ASSIGNMENT: Extract all lines in the data that contain the word "left".

---------- GIVEN DATA

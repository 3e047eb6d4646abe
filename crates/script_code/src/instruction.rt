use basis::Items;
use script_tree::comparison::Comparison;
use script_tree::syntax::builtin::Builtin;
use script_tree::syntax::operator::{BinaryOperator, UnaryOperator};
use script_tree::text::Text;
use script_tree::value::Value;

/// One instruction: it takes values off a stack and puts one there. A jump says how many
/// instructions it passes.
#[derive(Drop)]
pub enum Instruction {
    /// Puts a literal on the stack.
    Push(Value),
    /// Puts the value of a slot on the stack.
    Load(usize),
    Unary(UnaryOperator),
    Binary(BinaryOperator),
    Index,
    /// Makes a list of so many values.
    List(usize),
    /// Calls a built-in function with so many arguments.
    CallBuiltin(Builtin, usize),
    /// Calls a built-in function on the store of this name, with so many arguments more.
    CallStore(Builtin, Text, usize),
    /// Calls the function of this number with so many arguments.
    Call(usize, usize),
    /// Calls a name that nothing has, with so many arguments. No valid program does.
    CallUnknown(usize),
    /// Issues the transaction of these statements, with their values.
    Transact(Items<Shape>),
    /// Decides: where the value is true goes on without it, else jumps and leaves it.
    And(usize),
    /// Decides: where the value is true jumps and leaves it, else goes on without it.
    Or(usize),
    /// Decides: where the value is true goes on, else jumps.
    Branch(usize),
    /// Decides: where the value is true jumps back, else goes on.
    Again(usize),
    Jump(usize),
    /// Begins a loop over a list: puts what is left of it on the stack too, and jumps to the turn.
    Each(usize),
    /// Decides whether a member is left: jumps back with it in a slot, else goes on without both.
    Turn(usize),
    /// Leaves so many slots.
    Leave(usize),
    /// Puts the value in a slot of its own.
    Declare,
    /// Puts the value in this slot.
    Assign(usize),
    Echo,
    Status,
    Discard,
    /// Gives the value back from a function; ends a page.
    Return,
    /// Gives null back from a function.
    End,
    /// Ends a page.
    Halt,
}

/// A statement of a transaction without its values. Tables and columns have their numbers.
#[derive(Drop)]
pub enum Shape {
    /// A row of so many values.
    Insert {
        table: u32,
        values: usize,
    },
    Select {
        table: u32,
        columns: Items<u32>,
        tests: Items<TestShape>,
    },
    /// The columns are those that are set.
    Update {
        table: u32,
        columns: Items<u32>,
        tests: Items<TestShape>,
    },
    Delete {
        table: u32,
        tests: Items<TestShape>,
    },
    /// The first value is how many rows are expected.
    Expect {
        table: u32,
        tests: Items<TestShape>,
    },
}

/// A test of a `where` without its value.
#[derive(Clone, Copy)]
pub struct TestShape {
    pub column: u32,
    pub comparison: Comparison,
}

--------------------

YOUR RESPONSE:
    /// Begins a loop over a list: puts what is left of it on the stack too, and jumps to the turn.
    /// Decides whether a member is left: jumps back with it in a slot, else goes on without both.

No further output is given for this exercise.